Your goal -
Only one portion of the data is to be written out: from the line bearing "the last one." through the line bearing "pub(crate) fn with_leaf(alloc: Global, frames: &mut". Write it exactly as it appears.

Supplied material -
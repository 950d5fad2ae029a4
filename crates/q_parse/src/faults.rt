//! Why a text is no query.

ghost use Rattle.std.specs.Prelude.{◌≡◌};
ghost use Rattle.q_parse.specs.declared.faults.QueryFault.TheVariants.{Memory as OutOfMemory};

use ct_base::Memory;

/// Why a lexeme is bad.
#[derive(Clone, Copy, Debug, PartialEq, Eq)]
pub enum Cause {
    OutOfRange,
    NotInProfile,
    Syntax,
}

/// Why a text is no query. A place is the number of a byte in the text, from 1 on; the end of the text has the place behind its last byte.
#[derive(Clone, Copy, Debug, PartialEq, Eq)]
pub enum QueryFault {
    /// The text breaks the grammar at this place.
    Syntax(u32),
    /// At this place stands an operator, a function or a sign that this profile doesn't have.
    NotInProfile(u32),
    /// At this place stands a word in the place of a number, in no form of one or out of its range; or the comma or NEAR behind the
    /// sixteenth operand of a nearness, or the ninth operator of a sum.
    BadNumber(u32),
    /// The text has over 4000 bytes, over 1024 lexemes, or over 32 open parentheses at some place.
    TooLarge,
    Memory,
}

impl From<Memory> for QueryFault {
    ghost from_gives = { λ _ e. e ≡ OutOfMemory };

    fn from(_: Memory) -> QueryFault {
        QueryFault::Memory
    }
}
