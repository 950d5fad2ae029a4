//! What stands open around a stage: its frames, and how operands join them.

ghost use Rattle.std.specs.Prelude.{◌≡◌, ◌+◌, ◌<◌, ◌++◌, ◌∷◌, [], IfOk, OnOk, OnSome, MatchOption, vec_len, Some, None};
ghost use Rattle.std.specs.Bool.{if◌then◌else◌};
ghost use Rattle.q_tree.specs.Trees.{Both};
ghost use Rattle.q_parse.specs.Grammar.{op_of, tightness, put_last};
ghost use Rattle.q_parse.specs.Machine.{query_joined, with_terms, with_leaf, is_main, is_terms, phrases_of, state_at};
ghost use Rattle.q_tree.specs.Trees.{tree_of};
ghost use Rattle.q_parse.specs.Views.{frame_of, frames_of, stage_of, Steps, TakesFrame};

use crate::stages::{Frame, Stage, StepError};
use ct_base::{Listed, Memory};
use q_lex::Infix;
use q_tree::{Leaf, Query, Word};
use std::alloc::{AllocFailed, Global};

pub(crate) fn tightness(op: Infix) -> u8
    ensures { result ≡ tightness op }
{
    match op {
        Infix::Or => 1,
        Infix::And => 2,
        Infix::Not => 4,
        Infix::MinusWord => 5,
        Infix::MinusSign => 5,
    }
}

fn both(alloc: Global, op: Infix, left: Query, right: Query) -> Result<Query, Memory>
    ensures { IfOk result (λ q. tree_of q ≡ Both (op_of op) (tree_of left) (tree_of right)) }
{
    let left = Box::new(alloc, left)?;
    let right = Box::new(alloc, right)?;
    match op {
        Infix::Or => Ok(Query::Or(left, right)),
        Infix::And => Ok(Query::And(left, right)),
        Infix::Not => Ok(Query::Not(left, right)),
        Infix::MinusWord => Ok(Query::Minus(left, right)),
        Infix::MinusSign => Ok(Query::Minus(left, right)),
    }
}

/// A list of one item.
pub(crate) fn one<T: Drop>(alloc: Global, item: T) -> Result<Listed<T>, Memory>
    ensures { IfOk result (λ l. l ≡ item ∷ []) }
{
    Listed::empty(alloc).with(item)
}

#[tactic(auto, using(crate::proofs::Frames::frames_of_last))]
pub(crate) fn push_frame(frames: &mut Vec<Frame>, frame: Frame) -> Result<(), AllocFailed<Frame>>
    ensures { OnOk result (frames_of frames.new.items ≡ frame_of frame ∷ frames_of frames.old.items) }
{
    frames.push(frame)?;
    Ok(())
}

#[tactic(auto, using(crate::proofs::Frames::frames_of_last, crate::proofs::Frames::none_left))]
pub(crate) fn pop_frame(frames: &mut Vec<Frame>) -> Option<Frame>
    ensures frames { TakesFrame result frames.old.items frames.new.items }
    ensures len { OnSome result (vec_len frames.new < vec_len frames.old) }
{
    match frames.pop() {
        None => None,
        Some(frame) => Some(frame),
    }
}

/// The innermost frame, and the others.
#[tactic(auto, using(crate::proofs::Frames::frames_of_last, crate::proofs::Frames::none_left))]
pub(crate) fn top(frames: &[Frame]) -> Option<(&Frame, &[Frame])>
    ensures { MatchOption result (frames_of frames.now ≡ []) (λ p. frames_of frames.now ≡ frame_of p.0.now ∷ frames_of p.1.now) }
{
    match frames.split_last() {
        None => None,
        Some((frame, others)) => Some((frame, others)),
    }
}

pub(crate) fn is_main(frames: &[Frame]) -> bool
    ensures { result ≡ is_main (frames_of frames.now) }
{
    match top(frames) {
        None => true,
        Some((frame, _)) => match frame {
            Frame::Group => true,
            Frame::Left(_, _) => true,
            Frame::Chain(_) => false,
            Frame::TermsOf(_, _) => false,
        },
    }
}

/// Joins the operators that bind at least as tight as `least`.
pub(crate) fn join(
    alloc: Global,
    least: u8,
    frames: &mut Vec<Frame>,
    operand: Query,
) -> Result<Query, Memory>
    ensures { IfOk result (λ q. query_joined least (frames_of frames.old.items) (tree_of operand) ≡ (frames_of frames.new.items, tree_of q)) }
{
    let mut operand = operand;
    'joins: loop {
        match pop_frame(frames) {
            None => return Ok(operand),
            Some(Frame::Group) => {
                push_frame(frames, Frame::Group)?;
                return Ok(operand);
            }
            Some(Frame::Chain(operands)) => {
                push_frame(frames, Frame::Chain(operands))?;
                return Ok(operand);
            }
            Some(Frame::TermsOf(kind, phrases)) => {
                push_frame(frames, Frame::TermsOf(kind, phrases))?;
                return Ok(operand);
            }
            Some(Frame::Left(op, left)) => {
                if tightness(op) < least {
                    push_frame(frames, Frame::Left(op, left))?;
                    return Ok(operand);
                }
                operand = both(alloc, op, left, operand)?;
            }
        }
    }
}

/// The lists one behind the other.
fn joined_lists<T: Drop>(first: Listed<T>, second: Listed<T>) -> Result<Listed<T>, Memory>
    ensures { IfOk result (λ l. l ≡ first ++ second) }
{
    let mut items = first.into_vec();
    let mut others = second.into_vec();
    match items.append(&mut others) {
        Ok(()) => Ok(Listed::of(items)),
        Err(_) => Err(Memory),
    }
}

/// The slots with a word more in the last one.
#[tactic(auto, using(crate::proofs::Frames::put_last_last, crate::proofs::Frames::put_last_none))]
pub(crate) fn put_last(
    alloc: Global,
    slots: Listed<Listed<Word>>,
    word: Word,
) -> Result<Listed<Listed<Word>>, Memory>
    ensures { IfOk result (λ l. l ≡ put_last slots word) }
{
    let mut slots = slots.into_vec();
    match slots.pop() {
        None => {
            slots.push(one(alloc, word)?)?;
            Ok(Listed::of(slots))
        }
        Some(last) => {
            slots.push(last.with(word)?)?;
            Ok(Listed::of(slots))
        }
    }
}

/// A leaf is ready.
pub(crate) fn with_leaf(alloc: Global, frames: &mut Vec<Frame>, leaf: Leaf) -> Result<Stage, Memory>
    ensures { IfOk result (λ p. with_leaf leaf (frames_of frames.old.items) ≡ state_at (stage_of p) (frames_of frames.new.items)) }
{
    match pop_frame(frames) {
        None => Ok(Stage::After(6, Query::Leaf(leaf))),
        Some(Frame::Group) => {
            push_frame(frames, Frame::Group)?;
            Ok(Stage::After(6, Query::Leaf(leaf)))
        }
        Some(Frame::Left(op, left)) => {
            push_frame(frames, Frame::Left(op, left))?;
            Ok(Stage::After(6, Query::Leaf(leaf)))
        }
        Some(Frame::Chain(operands)) => Ok(Stage::AfterChain(operands.with(one(alloc, leaf)?)?)),
        Some(Frame::TermsOf(kind, phrases)) => {
            push_frame(frames, Frame::TermsOf(kind, phrases.with(leaf)?))?;
            Ok(Stage::AfterTerms)
        }
    }
}

/// Terms are ready where a term was wanted.
pub(crate) fn with_terms(frames: &mut Vec<Frame>, phrases: Listed<Leaf>) -> Result<Stage, StepError>
    ensures { Steps result frames.new.items (with_terms phrases (frames_of frames.old.items)) }
{
    match pop_frame(frames) {
        None => Err(StepError::Refused),
        Some(Frame::Group) => Err(StepError::Refused),
        Some(Frame::Left(_, _)) => Err(StepError::Refused),
        Some(Frame::Chain(operands)) => Ok(Stage::AfterChain(operands.with(phrases)?)),
        Some(Frame::TermsOf(kind, before)) => {
            push_frame(frames, Frame::TermsOf(kind, joined_lists(before, phrases)?))?;
            Ok(Stage::AfterTerms)
        }
    }
}
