//! NEAR in the function form: what stands in front of its operands, and what follows them.

ghost use Rattle.std.specs.Prelude.{◌≡◌};
ghost use Rattle.q_lex.specs.Words.{strict};
ghost use Rattle.q_tree.specs.Trees.{Near};
ghost use Rattle.q_parse.specs.Machine.{step_at, After, NearWord, NearOpen, NearEnd, NearSpan, NearOrder, NearFlag, NearClose};
ghost use Rattle.q_parse.specs.Views.{frames_of, stage_of, Steps};

use crate::framing::push_frame;
use crate::stages::{Frame, Kind, Stage, StepError};
use ct_base::Listed;
use q_lex::{Lexeme, flag, whole_in};
use q_tree::{Leaf, Query};
use std::alloc::Global;

fn near(operands: Listed<Listed<Leaf>>, span: u8, ordered: bool) -> Stage
    ensures { stage_of result ≡ After 6 (Near operands span ordered) }
{
    Stage::After(
        6,
        Query::Near {
            operands,
            span,
            ordered,
        },
    )
}

pub(crate) fn near_word(frames: &Vec<Frame>, lexeme: &Lexeme) -> Result<Stage, StepError>
    ensures { Steps result frames.now.items (step_at strict NearWord (frames_of frames.now.items) lexeme.now) }
{
    match lexeme {
        Lexeme::Open => Ok(Stage::NearOpen),
        _ => Err(StepError::Refused),
    }
}

pub(crate) fn near_open(
    alloc: Global,
    frames: &mut Vec<Frame>,
    lexeme: &Lexeme,
) -> Result<Stage, StepError>
    ensures { Steps result frames.new.items (step_at strict NearOpen (frames_of frames.old.items) lexeme.now) }
{
    match lexeme {
        Lexeme::Open => {
            push_frame(
                frames,
                Frame::TermsOf(Kind::InNear(Listed::empty(alloc)), Listed::empty(alloc)),
            )?;
            Ok(Stage::Operand)
        }
        _ => Err(StepError::Refused),
    }
}

pub(crate) fn near_end(
    frames: &Vec<Frame>,
    operands: Listed<Listed<Leaf>>,
    lexeme: &Lexeme,
) -> Result<Stage, StepError>
    ensures { Steps result frames.now.items (step_at strict (NearEnd operands) (frames_of frames.now.items) lexeme.now) }
{
    match lexeme {
        Lexeme::Close => Ok(near(operands, 100, false)),
        Lexeme::Comma => Ok(Stage::NearSpan(operands)),
        _ => Err(StepError::Refused),
    }
}

pub(crate) fn near_span(
    frames: &Vec<Frame>,
    operands: Listed<Listed<Leaf>>,
    lexeme: &Lexeme,
) -> Result<Stage, StepError>
    ensures { Steps result frames.now.items (step_at strict (NearSpan operands) (frames_of frames.now.items) lexeme.now) }
{
    match lexeme {
        Lexeme::Word(written) => match whole_in(written, 0, 100) {
            Some(span) => Ok(Stage::NearOrder(operands, span as u8)),
            None => Err(StepError::Refused),
        },
        _ => Err(StepError::Refused),
    }
}

pub(crate) fn near_order(
    frames: &Vec<Frame>,
    operands: Listed<Listed<Leaf>>,
    span: u8,
    lexeme: &Lexeme,
) -> Result<Stage, StepError>
    ensures { Steps result frames.now.items (step_at strict (NearOrder operands span) (frames_of frames.now.items) lexeme.now) }
{
    match lexeme {
        Lexeme::Close => Ok(near(operands, span, false)),
        Lexeme::Comma => Ok(Stage::NearFlag(operands, span)),
        _ => Err(StepError::Refused),
    }
}

pub(crate) fn near_flag(
    frames: &Vec<Frame>,
    operands: Listed<Listed<Leaf>>,
    span: u8,
    lexeme: &Lexeme,
) -> Result<Stage, StepError>
    ensures { Steps result frames.now.items (step_at strict (NearFlag operands span) (frames_of frames.now.items) lexeme.now) }
{
    match lexeme {
        Lexeme::Word(written) => match flag(written) {
            Some(ordered) => Ok(Stage::NearClose(operands, span, ordered)),
            None => Err(StepError::Refused),
        },
        _ => Err(StepError::Refused),
    }
}

pub(crate) fn near_close(
    frames: &Vec<Frame>,
    operands: Listed<Listed<Leaf>>,
    span: u8,
    ordered: bool,
    lexeme: &Lexeme,
) -> Result<Stage, StepError>
    ensures { Steps result frames.now.items (step_at strict (NearClose operands span ordered) (frames_of frames.now.items) lexeme.now) }
{
    match lexeme {
        Lexeme::Close => Ok(near(operands, span, ordered)),
        _ => Err(StepError::Refused),
    }
}
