//! Arguments and what they ask for.

use ct_base::Memory;
use db_arguments::{Asked, Store, file_of, read_arguments};
use std::alloc::Global;

const LARGEST: u64 = 68_719_476_736;

/// The arguments, and what they ask for: a FILE with a limit and a degree, or none with a number of rows, or nothing.
type Row = (
    &'static [&'static str],
    Option<(&'static str, u64, u32)>,
    Option<u32>,
);

const ROWS: &[Row] = &[
    // one FILE
    (&["a.db"], Some(("a.db", LARGEST, 1)), None),
    (&["-"], Some(("-", LARGEST, 1)), None),
    (&[""], Some(("", LARGEST, 1)), None),
    (&["--", "--"], Some(("--", LARGEST, 1)), None),
    // the limit
    (&["--limit", "4096", "a.db"], Some(("a.db", 4096, 1)), None),
    (&["ä", "--limit=68719476736"], Some(("ä", LARGEST, 1)), None),
    (
        &["--limit=00000000000000005000", "--", "--limit"],
        Some(("--limit", 5000, 1)),
        None,
    ),
    // the degree
    (
        &["--degree", "16", "a.db"],
        Some(("a.db", LARGEST, 16)),
        None,
    ),
    (
        &["a.db", "--degree=04", "--limit=4096"],
        Some(("a.db", 4096, 4)),
        None,
    ),
    (&["--", "--degree"], Some(("--degree", LARGEST, 1)), None),
    // rows
    (&["--generate", "8"], None, Some(8)),
    (
        &["--generate=00000000000000100000", "--"],
        None,
        Some(100_000),
    ),
    (
        &["--", "--generate"],
        Some(("--generate", LARGEST, 1)),
        None,
    ),
    // no FILE, or two
    (&[], None, None),
    (&["--"], None, None),
    (&["a", "b"], None, None),
    (&["a", "--", "b"], None, None),
    // other options, the beginning of one, or one twice
    (&["--help"], None, None),
    (&["-h", "a"], None, None),
    (&["-l", "a"], None, None),
    (&["-ä", "a"], None, None),
    (&["---", "a"], None, None),
    (&["--=5000", "a"], None, None),
    (&["--lim=5000", "a"], None, None),
    (&["--limits=5000", "a"], None, None),
    (&["--limit=5000", "a", "--limit", "5000"], None, None),
    (&["--generate=8", "--generate=8"], None, None),
    // values that are no limit; the last but one is 5000 and 2^64
    (&["a", "--limit"], None, None),
    (&["--limit", "--", "a"], None, None),
    (&["--limit", "-5000", "a"], None, None),
    (&["--limit", "--limit=5000", "a"], None, None),
    (&["--limit=", "a"], None, None),
    (&["--limit", "", "a"], None, None),
    (&["--limit=+5000", "a"], None, None),
    (&["--limit=5000 ", "a"], None, None),
    (&["--limit=4095", "a"], None, None),
    (&["--limit=68719476737", "a"], None, None),
    (&["--limit=18446744073709556616", "a"], None, None),
    (&["--limit=000000000000000005000", "a"], None, None),
    // values that are no degree, and a degree twice
    (&["a", "--degree"], None, None),
    (&["a", "--degree=0"], None, None),
    (&["a", "--degree=17"], None, None),
    (&["a", "--degree=four"], None, None),
    (&["--degree", "--limit=5000", "a"], None, None),
    (&["--degree=4", "a", "--degree=4"], None, None),
    (&["--degree=4"], None, None),
    // rows beside a FILE, a limit or a degree, none, and too many
    (&["--generate=8", "a"], None, None),
    (&["--generate=8", "--limit=5000"], None, None),
    (&["--degree=4", "--generate=8"], None, None),
    (&["--generate=0"], None, None),
    (&["--generate=100001"], None, None),
    (&["--generate"], None, None),
];

fn owned(alloc: Global, texts: &[&str]) -> Result<Vec<String>, Memory> {
    let mut all = Vec::new(alloc);
    for text in texts {
        all.push(String::from_str(alloc, text)?)?;
    }
    Ok(all)
}

/// What is asked for by a FILE with a limit and a degree, or by a number of rows.
fn asked<'a>(store: Option<(&'a str, u64, u32)>, rows: Option<u32>) -> Option<Asked<'a>> {
    match store {
        Some((file, limit, degree)) => Some(Asked::Over(Store {
            file,
            limit,
            degree,
        })),
        None => match rows {
            Some(rows) => Some(Asked::Rows(rows)),
            None => None,
        },
    }
}

/// Whether the arguments ask for this.
fn ask_for(
    alloc: Global,
    arguments: &[String],
    store: Option<(&str, u64, u32)>,
    rows: Option<u32>,
) -> Result<bool, Memory> {
    let read = read_arguments(alloc, arguments)? == asked(store, rows);
    let file = file_of(alloc, arguments)? == store.map(|s| s.0);
    Ok(read && file)
}

#[test]
fn arguments_and_what_they_ask_for(rt: HostRuntime) -> Result<(), Memory> {
    for (texts, store, rows) in ROWS {
        let arguments = owned(rt.alloc(), texts)?;
        assert!(rt;
            ask_for(rt.alloc(), &arguments, *store, *rows)?,
            "{texts:?}"
        );
    }
    Ok(())
}
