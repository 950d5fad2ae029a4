//! Reading the lexemes of a text.

ghost use Rattle.std.specs.Prelude.{◌≡◌, IfSome, Err, Some};
ghost use Rattle.q_parse.specs.Machine.{start_state};
ghost use Rattle.q_parse.specs.Faults.{Fault};
ghost use Rattle.q_parse.specs.Verdicts.{verdict_from};
ghost use Rattle.q_parse.specs.Results.{verdict_of};

use crate::causes::cause;
use crate::faults::{Cause, QueryFault};
use crate::stages::{Stage, StepError};
use crate::stepping::{finish, step};
use q_lex::Placed;
use q_tree::Query;
use std::alloc::Global;

fn fault(cause: Cause, place: u32) -> QueryFault
    ensures { verdict_of (Err result) ≡ Some (Fault cause place) }
{
    match cause {
        Cause::Syntax => QueryFault::Syntax(place),
        Cause::NotInProfile => QueryFault::NotInProfile(place),
        Cause::OutOfRange => QueryFault::BadNumber(place),
    }
}

/// The query that the lexemes are, or why they are none; `end` is the place of the end of their text. The cost grows with the number of lexemes, and with the bytes of their words.
pub(crate) fn read(alloc: Global, end: u32, lexemes: Vec<Placed>) -> Result<Query, QueryFault>
    ensures { IfSome (verdict_of result) (λ v. v ≡ verdict_from end start_state lexemes.items) }
{
    let mut frames = Vec::new(alloc);
    let mut stage = Stage::Operand;
    for placed in lexemes {
        let Placed { place, lexeme } = placed;
        let why = cause(&stage, &frames, &lexeme);
        match step(alloc, stage, &mut frames, lexeme) {
            Ok(next) => stage = next,
            Err(StepError::Refused) => return Err(fault(why, place)),
            Err(StepError::Memory) => return Err(QueryFault::Memory),
        }
    }
    match finish(alloc, stage, &mut frames) {
        Ok(query) => Ok(query),
        Err(StepError::Refused) => Err(QueryFault::Syntax(end)),
        Err(StepError::Memory) => Err(QueryFault::Memory),
    }
}
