//! Why a lexeme is bad where the reader refused it.

ghost use Rattle.std.specs.Prelude.{◌≡◌};
ghost use Rattle.q_parse.specs.Verdicts.{wants_count, wants_score, wants_number, is_near_lexeme, is_comma, kind_counts, phrase_counts, terms_count, is_mark, cause};
ghost use Rattle.q_parse.specs.Views.{frames_of, stage_of};

use crate::faults::Cause;
use crate::framing::top;
use crate::stages::{Frame, Kind, Stage};
use crate::sums::sum_operator;
use crate::thesauri::has_level;
use q_lex::{Lexeme, is_foreign, is_plain};

/// Whether one operand or operator too many stands here.
fn wants_count(stage: &Stage, frames: &[Frame], lexeme: &Lexeme) -> bool
    ensures { result ≡ wants_count (stage_of stage.now) (frames_of frames.now) lexeme.now }
{
    match stage {
        Stage::InPhrase(_) => phrase_counts(frames, lexeme),
        Stage::AfterChain(_) => is_near_lexeme(lexeme),
        Stage::AfterTerms => terms_count(frames, lexeme),
        Stage::SumAfter(_, _, _, _) => match sum_operator(lexeme) {
            None => false,
            Some(_) => true,
        },
        _ => false,
    }
}

fn is_near_lexeme(lexeme: &Lexeme) -> bool
    ensures { result ≡ is_near_lexeme lexeme.now }
{
    matches!(lexeme, Lexeme::Near)
}

fn is_comma(lexeme: &Lexeme) -> bool
    ensures { result ≡ is_comma lexeme.now }
{
    matches!(lexeme, Lexeme::Comma)
}

fn kind_counts(kind: &Kind, lexeme: &Lexeme) -> bool
    ensures { result ≡ kind_counts kind.now lexeme.now }
{
    match kind {
        Kind::InNear(_) => is_comma(lexeme),
        Kind::InGroup => false,
        Kind::InDefine => false,
    }
}

fn phrase_counts(frames: &[Frame], lexeme: &Lexeme) -> bool
    ensures { result ≡ phrase_counts (frames_of frames.now) lexeme.now }
{
    match top(frames) {
        None => false,
        Some((frame, _)) => match frame {
            Frame::Group => false,
            Frame::Left(_, _) => false,
            Frame::Chain(_) => is_near_lexeme(lexeme),
            Frame::TermsOf(kind, _) => kind_counts(kind, lexeme),
        },
    }
}

fn terms_count(frames: &[Frame], lexeme: &Lexeme) -> bool
    ensures { result ≡ terms_count (frames_of frames.now) lexeme.now }
{
    match top(frames) {
        None => false,
        Some((frame, _)) => match frame {
            Frame::Group => false,
            Frame::Left(_, _) => false,
            Frame::Chain(_) => false,
            Frame::TermsOf(kind, _) => kind_counts(kind, lexeme),
        },
    }
}

fn wants_score(stage: &Stage, lexeme: &Lexeme) -> bool
    ensures { result ≡ wants_score (stage_of stage.now) lexeme.now }
{
    match lexeme {
        Lexeme::Word(written) => match stage {
            Stage::SumOperand(_, _, _, _) => is_foreign(written),
            Stage::SumAfter(_, _, _, _) => is_foreign(written),
            _ => false,
        },
        _ => false,
    }
}

fn wants_number(stage: &Stage, lexeme: &Lexeme) -> bool
    ensures { result ≡ wants_number (stage_of stage.now) lexeme.now }
{
    match lexeme {
        Lexeme::Word(written) => match stage {
            Stage::Factor(_) => is_plain(written),
            Stage::Threshold(_) => is_plain(written),
            Stage::ThesArgument(relation, _) => has_level(*relation) && is_plain(written),
            Stage::NearSpan(_) => is_plain(written),
            Stage::SumOperand(_, _, _, _) => is_plain(written),
            _ => false,
        },
        _ => false,
    }
}

fn is_mark(lexeme: &Lexeme) -> bool
    ensures { result ≡ is_mark lexeme.now }
{
    match lexeme {
        Lexeme::Refused => true,
        Lexeme::Comma => true,
        _ => false,
    }
}

/// Why the lexeme is bad, where it is.
pub(crate) fn cause(stage: &Stage, frames: &[Frame], lexeme: &Lexeme) -> Cause
    ensures { result ≡ cause (stage_of stage.now) (frames_of frames.now) lexeme.now }
{
    if wants_count(stage, frames, lexeme) {
        return Cause::OutOfRange;
    }
    if is_mark(lexeme) {
        return Cause::NotInProfile;
    }
    if wants_score(stage, lexeme) {
        return Cause::NotInProfile;
    }
    if wants_number(stage, lexeme) {
        Cause::OutOfRange
    } else {
        Cause::Syntax
    }
}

Answer to this task -
/// The slots with a word more in the last one.
#[tactic(auto, using(crate::proofs::Frames::put_last_last, crate::proofs::Frames::put_last_none))]
pub(crate) fn put_last(
    alloc: Global,
    slots: Listed<Listed<Word>>,
    word: Word,
) -> Result<Listed<Listed<Word>>, Memory>
    ensures { IfOk result (λ l. l ≡ put_last slots word) }
{
    let mut slots = slots.into_vec();
    match slots.pop() {
        None => {
            slots.push(one(alloc, word)?)?;
            Ok(Listed::of(slots))
        }
        Some(last) => {
            slots.push(last.with(word)?)?;
            Ok(Listed::of(slots))
        }
    }
}

/// A leaf is ready.
pub(crate) fn with_leaf(alloc: Global, frames: &mut Vec<Frame>, leaf: Leaf) -> Result<Stage, Memory>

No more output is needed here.